ABSTRACT
Introduction
Several systematic and scoping reviews have focused on the impact of patient and public involvement (PPI) in child health research. The aim of this research was to examine the data sources and analytic approaches used by researchers to evaluate the impact of PPI in child health research.
Methods
A comprehensive literature search identified published reviews focused on PPI impact in child health research. Titles, abstracts, and full texts were screened to determine eligibility. Individual studies from eligible reviews created the sampling frame, from which 100 individual studies were randomly selected. Information was extracted on primary study characteristics, type of PPI, data sources and analytic approaches used to evaluate PPI impact, and reported PPI impact. Frequency distributions were used to summarise the findings.
Results
The initial search yielded 5868 citations. After screening, 15 reviews (comprising 406 individual studies, of which 303 were unique) met inclusion criteria. Among the 100 randomly selected individual studies, PPI was reported across all phases of the research process including priority setting (30/100), input on study materials (50/100), and dissemination of study findings (52/100).
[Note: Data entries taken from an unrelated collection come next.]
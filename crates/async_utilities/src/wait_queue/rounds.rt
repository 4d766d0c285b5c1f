//! Those who wait in rounds: a call begins a round, and tells those who came before it, one after
//! another, and nobody who comes later.
//!
//! So each of them is woken without the lock, and one that is woken and comes again at once is not told
//! by the same call. Who comes bears the number of its round. The numbers are only compared with that of
//! the round under way, so it does no harm if they begin anew.
ghost use Rattle.std.specs.Prelude.{◌≡◌, ◌+◌, ◌++◌, ◌∷◌, ◌^◌, ◌%◌, [], IfErr, IfOk, None, OnErr, Option, Some};
ghost use Rattle.async_utilities.specs.Rounds.{Comes, Tells, WaitsOn, due_first, waker_in_entry};
ghost use Rattle.async_utilities.specs.WaitQueue.{Parts, Stays, Steps, due_to, is_notified, place_at, waker_of};

use crate::due::Due;
use crate::wait_queue::WaitQueue;
use std::alloc::{AllocError, Global};

/// One that came in a round. It has no waker until it is polled.
#[derive(Drop)]
pub(crate) struct Entry<W> {
    pub(crate) round: u64,
    pub(crate) waker: Option<W>,
}

/// Who waits, first to last, and the number of the round under way.
#[derive(Drop)]
pub(crate) struct Rounds<W> {
    pub(crate) round: u64,
    pub(crate) waiters: WaitQueue<Entry<W>>,
}

/// What comes of one that is told.
pub(crate) enum Told<W> {
    /// Nobody waits who came in an earlier round.
    Nobody,
    /// One was told, and is to be woken if it has a waker.
    One(Due<W>),
}

/// What is left of one that gave its place back.
pub(crate) struct Parted<W> {
    /// Its waker, if it waited.
    pub(crate) waker: Option<W>,
    /// Whether it was told, and did not come.
    pub(crate) was_told: bool,
}

// Whom to wake of an entry of `Rounds` that was told.
fn due_of<W>(entry: Due<Entry<W>>) -> Due<W>
    ensures { (e : Option (Entry W)) → entry ≡ due_to e → result ≡ due_to (waker_in_entry e) }
{
    match entry {
        Due::Nobody => Due::Nobody,
        Due::One(Entry { round: _, waker }) => match waker {
            Some(waker) => Due::One(waker),
            None => Due::Nobody,
        },
    }
}

impl<W: Drop> Rounds<W> {
    /// Rounds in which nobody waits.
    pub(crate) fn new(alloc: Global) -> Rounds<W>
        ensures { result.waiters.waiting ≡ [] }
    {
        Rounds {
            round: 0,
            waiters: WaitQueue::new(alloc),
        }
    }

    // One comes in the round under way, behind all others, maybe with a waker.
    fn add(&mut self, waker: Option<W>) -> Result<usize, Option<W>>
        ensures came { IfOk result (λ place. Comes self.old waker place self.new) }
        ensures refused { OnErr result (Stays self.old.waiters self.new.waiters) }
        ensures back { IfErr result (λ back. back ≡ waker) }
        ensures round { self.new.round ≡ self.old.round }
    {
        let entry = Entry {
            round: self.round,
            waker,
        };
        match self.waiters.enter(None, entry) {
            Ok((place, unused)) => {
                drop(unused);
                Ok(place)
            }
            Err(Entry { round: _, waker }) => Err(waker),
        }
    }

    /// One comes in the round under way, behind all others, and has no waker yet. Gives its place.
    pub(crate) fn listen(&mut self) -> Result<usize, AllocError>
        ensures came { IfOk result (λ place. Comes self.old None place self.new) }
        ensures refused { OnErr result (Stays self.old.waiters self.new.waiters) }
        ensures round { self.new.round ≡ self.old.round }
    {
        match self.add(None) {
            Ok(place) => Ok(place),
            Err(_) => Err(AllocError),
        }
    }

    /// One comes in the round under way, behind all others, and waits with this waker. Gives its place,
    /// or the waker if there is no memory for one.
    pub(crate) fn enter(&mut self, waker: W) -> Result<usize, W>
        ensures came { IfOk result (λ place. Comes self.old (Some waker) place self.new) }
        ensures refused { OnErr result (Stays self.old.waiters self.new.waiters) }
        ensures back { IfErr result (λ back. back ≡ waker) }
        ensures round { self.new.round ≡ self.old.round }
    {
        match self.add(Some(waker)) {
            Ok(place) => Ok(place),
            Err(Some(waker)) => Err(waker),
            Err(None) => unreachable!(),
        }
    }

    /// Whether the one at this place of the rounds was told, and has not come yet.
    pub(crate) fn is_told(&self, place: usize) -> bool
        ensures { result ≡ is_notified (place_at self.now.waiters place) }
    {
        self.waiters.is_notified(place)
    }

    /// Leaves a waker at a place, whose turn and whose round stay. Gives what is not kept: an earlier
    /// waker, or this one if nobody waits there.
    pub(crate) fn wait(&mut self, place: usize, waker: W) -> Option<W>
        ensures { WaitsOn self.old place waker result self.new }
    {
        let Some(&Entry { round, waker: _ }) = self.waiters.waiting_at(place) else {
            return Some(waker);
        };
        let entry = Entry {
            round,
            waker: Some(waker),
        };
        match self.waiters.wait(place, entry) {
            Some(Entry { round: _, waker }) => waker,
            None => None,
        }
    }

    /// Begins a round.
    pub(crate) fn begin(&mut self)
        ensures round { self.new.round ≡ (self.old.round + 1) % 2 ^ 64 }
        ensures stays { self.new.waiters ≡ self.old.waiters }
    {
        self.round = self.round.wrapping_add(1);
    }

    /// Tells the first one that waits, if it came in an earlier round.
    pub(crate) fn tell(&mut self) -> Told<W>
        ensures tells { Tells self.old result self.new }
        ensures round { self.new.round ≡ self.old.round }
    {
        match self.waiters.peek() {
            Some(first) if first.round != self.round => Told::One(due_of(self.waiters.first())),
            _ => Told::Nobody,
        }
    }

    /// Tells the first one that waits, in whichever round it came.
    pub(crate) fn tell_any(&mut self) -> Due<W>
        ensures due { result ≡ due_first self.old.waiters }
        ensures steps { Steps self.old.waiters self.new.waiters self.old.waiters.waiting }
        ensures round { self.new.round ≡ self.old.round }
    {
        due_of(self.waiters.first())
    }

    /// Gives a place of the rounds back.
    pub(crate) fn leave(&mut self, place: usize) -> Parted<W>
        ensures waker { result.waker ≡ waker_in_entry (waker_of (place_at self.old.waiters place)) }
        ensures told { result.was_told ≡ is_notified (place_at self.old.waiters place) }
        ensures leaves { Parts self.old.waiters place self.new.waiters }
        ensures round { self.new.round ≡ self.old.round }
    {
        let was_told = self.is_told(place);
        let waker = match self.waiters.leave(place) {
            Some(Entry { round: _, waker }) => waker,
            None => None,
        };
        Parted { waker, was_told }
    }
}
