//! Files that are refused and skipped: what their heads tell of their profiles, and the one policy of the others.
//!
//! Where a command skips files that are refused, the others answer. `with_read_policy` takes what `with_policy` of
//! `aa_command` takes: `sort_paths` reads each file and parts those that are refused, each a `Skipped` with its fault,
//! from the rest; `part_repeated` skips also files of which more than one may have a profile of one name; and what
//! implements `UsePart` gets the policy of the rest beside the skipped files. `unread_of` tells what the heads of a
//! refused unit say of its profiles. The meaning lies in the definitions `IsPrintedOf` and `AreHeadsOf`. Which answers
//! a skipped profile could change is left to `aa_skipping`; the law `each_file_decides` says that this can be asked of
//! each file by itself.
//!
//! Shown by tests/policy_files/ask_skips_files_of_one_name.
#![tactic(auto)]

mod bodies;
mod flags;
mod heads;
mod laws;
mod policy;
mod repeated;
mod skipped;
mod sorting;
mod telling;

pub use heads::unread_of;
pub use laws::each_file_decides;
pub use policy::{UsePart, with_read_policy};
pub use repeated::part_repeated;
pub use skipped::{Skipped, Sorted};
pub use sorting::sort_paths;
pub use telling::{behind_skipped, push_skipped_count};
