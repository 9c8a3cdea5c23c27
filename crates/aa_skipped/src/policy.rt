//! The one policy of the files that aren't skipped.

ghost use Rattle.std.specs.Prelude.{List, IfOk};
ghost use Rattle.aa_command.specs.declared.decided.Decided.{Decided};
ghost use Rattle.aa_command.specs.Printed.{Printed, printed};
ghost use Rattle.aa_command.specs.Setting.{setting_of};
ghost use Rattle.aa_files.specs.Texts.{texts};
ghost use Rattle.aa_skipped.specs.declared.skipped.Skipped.{Skipped};
ghost use Rattle.aa_skipped.specs.Policies.{IsPrintedSkipping, IsPrintedOf};

use crate::repeated::part_repeated;
use crate::skipped::{Skipped, Sorted};
use crate::sorting::sort_paths;
use crate::telling::behind_skipped;
use aa_command::{
    Decided, Output, Settings, Use, behind_warnings, rooted, unit_refused, with_units,
};
use aa_files::Tree;
use aa_text::NoMemory;
use std::alloc::Global;

/// What is done with the policy of the files that aren't skipped.
pub trait UsePart {
    /// What is printed where these files are skipped, by the policy of the others.
    ghost gives: { Self → List Skipped → Decided → Printed → Type 0 };

    fn use_part(
        &self,
        alloc: Global,
        skipped: &[Skipped],
        decided: Decided<'_>,
    ) -> Result<Output, NoMemory>
        ensures { IfOk result (λ out. gives self.now skipped.now decided.entry (printed out)) };
}

/// What is done, where these files are skipped.
#[derive(Drop)]
struct Beside<'a, U: UsePart> {
    user: &'a U,
    skipped: &'a [Skipped],
}

impl<U: UsePart> Use for Beside<'_, U> {
    ghost gives = { λ b d out. U.gives b.user.now b.skipped.now d out };

    fn use_policy(&self, alloc: Global, decided: Decided<'_>) -> Result<Output, NoMemory> {
        self.user.use_part(alloc, self.skipped, decided)
    }
}

/// Compiles those of the files at these paths that aren't skipped, and does something with their policy.
fn with_read_paths<T: Tree, U: UsePart>(
    alloc: Global,
    tree: &T,
    settings: &Settings<'_>,
    paths: &[Vec<u8>],
    user: &U,
) -> Result<Output, NoMemory>
    ensures { IfOk result (λ out. IsPrintedSkipping (setting_of (T.files tree.now) (T.taken tree.now) (T.input tree.now) settings.now) (texts paths.now) (U.gives user.now) (printed out)) }
{
    let sorted = sort_paths(alloc, tree, settings, paths)?;
    let parted = part_repeated(alloc, sorted)?;
    let Sorted { units, skipped } = parted;
    let beside = Beside {
        user,
        skipped: skipped.as_slice(),
    };
    let own = with_units(alloc, settings, units.as_slice(), &beside)?;
    Ok(behind_skipped(alloc, skipped.as_slice(), own)?)
}

/// Compiles those of the files of these arguments that aren't refused as one policy, and does something with it. The others are skipped:
/// of each its fault is said, and which profiles it seems to hold.
pub fn with_read_policy<T: Tree, U: UsePart>(
    alloc: Global,
    tree: &T,
    settings: &Settings<'_>,
    arguments: &[Vec<u8>],
    user: &U,
) -> Result<Output, NoMemory>
    ensures { IfOk result (λ out. IsPrintedOf (setting_of (T.files tree.now) (T.taken tree.now) (T.input tree.now) settings.now) (texts arguments.now) (U.gives user.now) (printed out)) }
{
    match rooted(alloc, tree, settings.base, arguments) {
        Ok(roots) => {
            let own = with_read_paths(alloc, tree, settings, roots.paths.as_slice(), user)?;
            Ok(behind_warnings(alloc, roots.warnings.as_slice(), own)?)
        }
        Err(fault) => unit_refused(alloc, fault),
    }
}
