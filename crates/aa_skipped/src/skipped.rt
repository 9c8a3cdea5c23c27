//! Files that are read, and files that are skipped.

use aa_files::Unit;
use aa_skipping::Unread;
use aa_text::FaultReport;

/// A file that is refused, with all that it includes, and so is skipped.
#[derive(Drop)]
pub struct Skipped {
    /// Its path, as the command line has it or its folder.
    pub path: Vec<u8>,
    /// Why.
    pub fault: FaultReport,
    /// What is known of its profiles.
    pub unread: Unread,
}

/// A file that is read, or skipped.
#[derive(Drop)]
pub(crate) enum Found {
    Read(Unit),
    Left(Skipped),
}

/// Those of some files that are read, and those that are skipped, each in their order.
#[derive(Drop)]
pub struct Sorted {
    pub units: Vec<Unit>,
    pub skipped: Vec<Skipped>,
}
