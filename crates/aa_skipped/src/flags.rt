//! Heads without flags.

ghost use Rattle.std.specs.Prelude.{◌≡◌, ◌++◌, not, false, if◌then◌else◌, IfOk, OnOk};
ghost use Rattle.aa_words.specs.Splits.{word_data, words_data};
ghost use Rattle.aa_skipped.specs.Flags.{is_open, ends_flags, is_flag_word, goes_on, if_no_flag, without_flags};

use aa_words::{Word, WordKind};
use std::alloc::{AllocError, Global};

fn is_open(kind: WordKind) -> bool
    ensures { result ≡ is_open kind }
{
    matches!(kind, WordKind::Open)
}

/// Whether a list of flags ends with it, or else the head.
fn ends_flags(kind: WordKind) -> bool
    ensures { result ≡ ends_flags kind }
{
    matches!(kind, WordKind::Open | WordKind::RightParen)
}

/// Whether it is the keyword of flags, or of conditions on a program's extended attributes.
fn is_flag_word(kind: WordKind, text: &[u8]) -> bool
    ensures { result ≡ is_flag_word kind text.now }
{
    match kind {
        WordKind::Name => text == "flags".as_bytes() || text == "xattrs".as_bytes(),
        _ => false,
    }
}

/// Whether a list of flags goes on behind a word.
fn goes_on(inside: bool, word: Word<'_>) -> bool
    ensures { result ≡ goes_on inside (word_data word.entry) }
{
    if inside {
        !ends_flags(word.kind)
    } else {
        is_flag_word(word.kind, word.text)
    }
}

/// Whether no list of flags has the word.
fn is_kept(inside: bool, word: Word<'_>) -> bool
    ensures { result ≡ (if inside then is_open word.entry.kind else not (is_flag_word word.entry.kind word.entry.text.now)) }
{
    if inside {
        is_open(word.kind)
    } else {
        !is_flag_word(word.kind, word.text)
    }
}

/// Appends a word that no list of flags has.
fn push_no_flag<'s>(
    kept: &mut Vec<Word<'s>>,
    inside: bool,
    word: Word<'s>,
) -> Result<(), AllocError>
    ensures { OnOk result (words_data kept.new.items ≡ words_data kept.old.items ++ if_no_flag inside (word_data word.entry)) }
{
    if is_kept(inside, word) {
        kept.push(word)?;
    }
    Ok(())
}

/// The words that no list of flags has.
#[tactic(auto, unfolding(crate::specs::Flags::without_flags))]
pub(crate) fn without_flags<'s>(
    alloc: Global,
    words: &[Word<'s>],
) -> Result<Vec<Word<'s>>, AllocError>
    ensures { IfOk result (λ kept. words_data kept.items ≡ without_flags false (words_data words.entry.now)) }
{
    let mut inside = false;
    let mut kept = Vec::new(alloc);
    let mut rest = words;
    while let [word, after @ ..] = rest {
        push_no_flag(&mut kept, inside, *word)?;
        inside = goes_on(inside, *word);
        rest = after;
    }
    Ok(kept)
}
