//! What skipped files don't change.

ghost use Rattle.aa_skipped.specs.Together.{EachDecides};

use aa_skipping::skipping_is_sound;

/// A request that profiles of none of some files could change is answered as by the policy of all of them, whatever their profiles are, as
/// long as they have the heads that are known and that policy is lawful. Its contract is a law of the definitions.
pub fn each_file_decides()
    ensures { EachDecides }
{
    skipping_is_sound()
}
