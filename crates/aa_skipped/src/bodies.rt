//! Words outside of bodies.

ghost use Rattle.std.specs.Prelude.{◌≡◌, ◌<◌, ◌^◌, ◌++◌, IfOk, OnOk};
ghost use Rattle.aa_words.specs.Splits.{word_data, words_data};
ghost use Rattle.aa_skipped.specs.Bodies.{open_after, stands_outside, if_outside, without_bodies};

use aa_words::{Word, WordKind};
use std::alloc::{AllocError, Global};

/// How many bodies are open behind a word.
fn open_after(depth: usize, kind: WordKind) -> usize
    requires { depth < 2 ^ 63 }
    ensures { result ≡ open_after depth kind }
{
    match kind {
        WordKind::Open => depth + 1,
        WordKind::Close => depth.saturating_sub(1),
        _ => depth,
    }
}

/// Whether a word stands in no body. The braces of an outermost body stand outside of it.
fn stands_outside(depth: usize, kind: WordKind) -> bool
    ensures { result ≡ stands_outside depth kind }
{
    match kind {
        WordKind::Close => depth.saturating_sub(1) == 0,
        _ => depth == 0,
    }
}

/// Appends a word that stands in no body.
fn push_outside<'s>(
    kept: &mut Vec<Word<'s>>,
    depth: usize,
    word: Word<'s>,
) -> Result<(), AllocError>
    ensures { OnOk result (words_data kept.new.items ≡ words_data kept.old.items ++ if_outside depth (word_data word.entry)) }
{
    if stands_outside(depth, word.kind) {
        kept.push(word)?;
    }
    Ok(())
}

/// The words that stand in no body.
#[tactic(auto, unfolding(crate::specs::Bodies::without_bodies))]
pub(crate) fn without_bodies<'s>(
    alloc: Global,
    words: &[Word<'s>],
) -> Result<Vec<Word<'s>>, AllocError>
    ensures { IfOk result (λ kept. words_data kept.items ≡ without_bodies 0 (words_data words.entry.now)) }
{
    let mut depth: usize = 0;
    let mut kept = Vec::new(alloc);
    let mut rest = words;
    while let [word, after @ ..] = rest {
        push_outside(&mut kept, depth, *word)?;
        depth = open_after(depth, word.kind);
        rest = after;
    }
    Ok(kept)
}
The method of PPI was most commonly focus groups (29/100) or advisory committees (27/100). Of the 100 studies selected, 67/100 reported impact on the research process, 69/100 reported impact on patients and families, and 32/100 studies reported impact on researchers. Regarding the data sources used to evaluate PPI impact, 69/100 studies reviewed primary study field notes along with researcher observations and reflections, while 31/100 studies conducted independent, specific, focus groups and/or interviews and/or surveys to gather data. Regarding the analytic approaches used to evaluate PPI impact, formal qualitative and/or quantitative analyses of the data occurred in only 25/100 studies. Only 2/100 studies used a formal PPI reporting guideline.
Conclusion
Only 31/100 studies collected specific, independent data on the impact of PPI in child health research, and only 25/100 studies applied formal analyses. Robust evaluation of PPI impact in child health research is essential for a strong PPI evidence base.
Patient or Public Contribution
A patient partner (co-author, FB) was a member of the research team from study inception, and contributed to the development of the study protocol, including refining the research question, input on study design, selection of relevant outcomes, interpretation of findings, writing the manuscript, and developing dissemination plans.